Forte aliado de Trump, o Louisianan é membro do pequeno mas poderoso House Freedom Caucus, cujas crenças fortemente conservadoras inviabilizaram os planos dos republicanos moderados em várias batalhas de alto nível. O site do Congresso de Higgins o identifica como um “defensor do governo pequeno, impostos baixos, fronteiras seguras e liberdades individuais”.
“Tal como está escrito, este projeto de lei expõe e fere milhares de pessoas inocentes – testemunhas, pessoas que forneceram álibis, familiares e outros”, escreveu ele. “Promulgado na sua forma actual, este tipo de divulgação ampla de ficheiros de investigação criminal, divulgados a meios de comunicação frenéticos, causará sofrimento a pessoas inocentes.

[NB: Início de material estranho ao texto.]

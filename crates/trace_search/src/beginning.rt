//! What blocks held at the beginning, where that is unknown: which bytes, and the Writes that stand for them.

use entry_codec::{Cqe, Sqe, Status, encode_cqe};
use history::{BlockLine, Entry, FetchLine, GrantLine, PostLine, PublishLine, ReapLine, UnitRange};
use nvme_model::array::Mode;
use nvme_model::operation::Found;
use nvme_model::status::Verdict;
use nvme_model::submission::{Batch, Payload, Submission};
use std::alloc::{AllocError as NoMemory, Global};
use std::collections::HashMap;
use trace::Seen;
use trace_walk::{NOBODYS, OPEN, TraceTables, Walk};

/// Where the bytes of a value stand in a trace: the line, the entry there, and the block of its data.
pub(crate) type Source = (usize, usize, usize);

/// No place in a trace: zeros.
pub(crate) const ZEROS: Source = (usize::MAX, 0, 0);

/// No place in a trace: bytes that stand nowhere in it.
pub(crate) const FRESH: Source = (usize::MAX, 1, 0);

/// The bytes of a block that stand at this place.
pub(crate) fn add_block(
    trace: &[Seen],
    source: Source,
    bytes: &mut Vec<u8>,
) -> Result<(), NoMemory> {
    if let Some(data) = data_at(trace, source) {
        bytes.extend_from_slice(data)?;
        return Ok(());
    }
    let byte = if source.1 == FRESH.1 { 0xA5 } else { 0 };
    for k in 0..512u32 {
        bytes.push(if k == 0 { byte } else { byte / 3 })?;
    }
    Ok(())
}

fn data_at(trace: &[Seen], source: Source) -> Option<&[u8]> {
    let data = match trace.get(source.0)? {
        Seen::Published(line) => {
            let submission = line.batch.as_slice().get(source.1)?;
            submission.payload.as_slice()
        }
        Seen::Reaped(line) => line.payload.as_slice(),
    };
    data.chunks_exact(512).nth(source.2)
}

// What each block held by the end of a search: its value, that of zeros, or one that is none of a few.
fn values_of(alloc: Global, tables: &TraceTables, walk: &Walk) -> Result<Vec<u64>, NoMemory> {
    let mut values = Vec::new(alloc);
    for value in tables.first.as_slice() {
        let open = *value == OPEN || *value == NOBODYS;
        values.push(if open { 0 } else { *value })?;
    }
    for one in walk.fixed() {
        let place = one.block.min(65_536) as usize;
        if let Some(known) = values.get_mut(place) {
            if one.held {
                *known = one.value;
            } else if one.value == 0 && *known == 0 {
                *known = NOBODYS;
            }
        }
    }
    Ok(values)
}

// Notes where the first of these blocks of data, whose values stand from this place on, stand in the trace.
fn note_places(
    tables: &TraceTables,
    wanted: &mut HashMap<u64, Source>,
    first: usize,
    count: usize,
    line: usize,
    item: usize,
) -> Result<(), NoMemory> {
    for k in 0..count {
        let value = tables.value(first.saturating_add(k));
        if wanted.get(&value).copied() == Some(FRESH) {
            let _ = wanted.insert(value, (line, item, k))?;
        }
    }
    Ok(())
}

// Where the bytes of these values stand in the trace.
fn sources_of(
    alloc: Global,
    tables: &TraceTables,
    values: &[u64],
) -> Result<HashMap<u64, Source>, NoMemory> {
    let mut wanted = HashMap::new(alloc);
    for value in values {
        let _ = wanted.insert(*value, FRESH)?;
    }
    let _ = wanted.insert(0, ZEROS)?;
    for one in tables.completions.as_slice() {
        note_places(
            tables,
            &mut wanted,
            one.values,
            one.length / 512,
            one.line,
            0,
        )?;
    }
    for entries in tables.entries.as_slice() {
        for one in entries.as_slice() {
            let count = one.item.length() / 512;
            note_places(tables, &mut wanted, one.values, count, one.line, one.place)?;
        }
    }
    Ok(wanted)
}

/// By block, where the bytes stand in the trace that it held at the beginning.
pub(crate) fn first_sources(
    alloc: Global,
    tables: &TraceTables,
    walk: &Walk,
) -> Result<Vec<Source>, NoMemory> {
    let mut sources = Vec::new(alloc);
    if tables.first.is_empty() {
        for _ in 0..tables.numbers.blocks {
            sources.push(ZEROS)?;
        }
        return Ok(sources);
    }
    let values = values_of(alloc, tables, walk)?;
    let wanted = sources_of(alloc, tables, &values)?;
    for value in values.as_slice() {
        sources.push(wanted.get(value).copied().unwrap_or(ZEROS))?;
    }
    Ok(sources)
}

/// Writes the entries that stand for what was there.
#[derive(Drop)]
pub(crate) struct BeginningWriter {
    alloc: Global,
    // the queue pair that the trace lacks, its completion queue, and the slots of both
    pair: u16,
    cq: u16,
    sq_size: u64,
    cq_size: u64,
    // how many Writes were written
    pub(crate) count: u64,
}

impl BeginningWriter {
    fn new(alloc: Global, tables: &TraceTables) -> BeginningWriter {
        let numbers = tables.numbers;
        let pair = numbers.pairs.min(16) + 1;
        let cq = if numbers.cqs == numbers.pairs {
            pair
        } else {
            (numbers.pairs.checked_rem(numbers.cqs).unwrap_or(0)).min(16) + 1
        };
        BeginningWriter {
            alloc,
            pair,
            cq,
            sq_size: u64::from(numbers.sq_size),
            cq_size: u64::from(numbers.cq_size),
            count: 0,
        }
    }

    fn completion(&self) -> [u8; 16] {
        let fetched = self.count.saturating_add(1);
        let head = fetched.checked_rem(self.sq_size).unwrap_or(0);
        let round = self.count.checked_div(self.cq_size).unwrap_or(0);
        encode_cqe(&Cqe {
            sqhd: head.min(65_535) as u16,
            sqid: self.pair,
            cid: 0,
            phase: round % 2 == 0,
            status: Status::SUCCESS,
        })
    }

    fn publish(&self, block: u64, payload: Payload) -> Result<Entry, NoMemory> {
        let mut entry = [0; 64];
        entry[0] = 1;
        entry[4] = 1;
        entry[40] = (block % 256) as u8;
        entry[41] = (block / 256 % 256) as u8;
        let mut batch = Vec::new(self.alloc);
        batch.push(Submission { entry, payload })?;
        Ok(Entry::Publish(PublishLine {
            queue: self.pair,
            batch: Batch::new(batch),
        }))
    }

    // Writes what stands for what one block held.
    fn write(
        &mut self,
        trace: &[Seen],
        block: u64,
        source: Source,
        entries: &mut Vec<Entry>,
    ) -> Result<(), NoMemory> {
        let mut bytes = Vec::new(self.alloc);
        add_block(trace, source, &mut bytes)?;
        let cqe = self.completion();
        let ticket = self.count.saturating_add(1);
        entries.push(self.publish(block, Payload::new(bytes))?)?;
        entries.push(Entry::Fetch(FetchLine {
            queue: self.pair,
            ticket,
            verdict: Verdict::Single,
        }))?;
        entries.push(Entry::Grant(GrantLine {
            ticket,
            unit: 0,
            range: UnitRange::new(block, 1),
            mode: Mode::Exclusive,
        }))?;
        entries.push(Entry::Block(BlockLine {
            ticket,
            unit: 0,
            lba: block,
            found: Found::Written,
            effect: true,
        }))?;
        entries.push(Entry::Post(PostLine {
            ticket,
            cqe,
            payload: Payload::new(Vec::new(self.alloc)),
        }))?;
        entries.push(Entry::Reap(ReapLine {
            queue: self.cq,
            cqe,
        }))?;
        self.count = ticket;
        Ok(())
    }

    // How many Writes more a completion queue that others use needs, so that its slots and phase tags stand as at the
    // beginning.
    fn missing(&self, tables: &TraceTables, count: u64) -> u64 {
        if tables.numbers.cqs == tables.numbers.pairs {
            return 0;
        }
        let rounds = self.cq_size.saturating_mul(2);
        match count.checked_rem(rounds) {
            Some(0) | None => 0,
            Some(over) => rounds.saturating_sub(over),
        }
    }
}

/// Writes the Writes that stand for what blocks held, and says how many they are.
pub(crate) fn write_beginning(
    alloc: Global,
    tables: &TraceTables,
    trace: &[Seen],
    sources: &[Source],
    entries: &mut Vec<Entry>,
) -> Result<u64, NoMemory> {
    let mut writer = BeginningWriter::new(alloc, tables);
    let mut count = 0u64;
    for source in sources {
        if *source != ZEROS {
            count = count.saturating_add(1);
        }
    }
    for _ in 0..writer.missing(tables, count) {
        writer.write(trace, 0, ZEROS, entries)?;
    }
    let mut block = 0u64;
    for source in sources {
        if *source != ZEROS {
            writer.write(trace, block, *source, entries)?;
        }
        block = block.saturating_add(1);
    }
    Ok(writer.count)
}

Não pelo meu voto.”
Clay Higgins enfatizou que a investigação do comitê de supervisão sobre Epstein, do qual ele faz parte, produziria mais documentos e satisfaria as questões restantes. “Esse esforço continuará de uma forma que forneça toda a proteção aos americanos inocentes”, escreveu o congressista. “Se o Senado alterar o projeto de lei para abordar adequadamente a privacidade das vítimas e de outros americanos identificados, mas não envolvidos em um processo criminal, votarei a favor desse projeto quando ele voltar à Câmara.”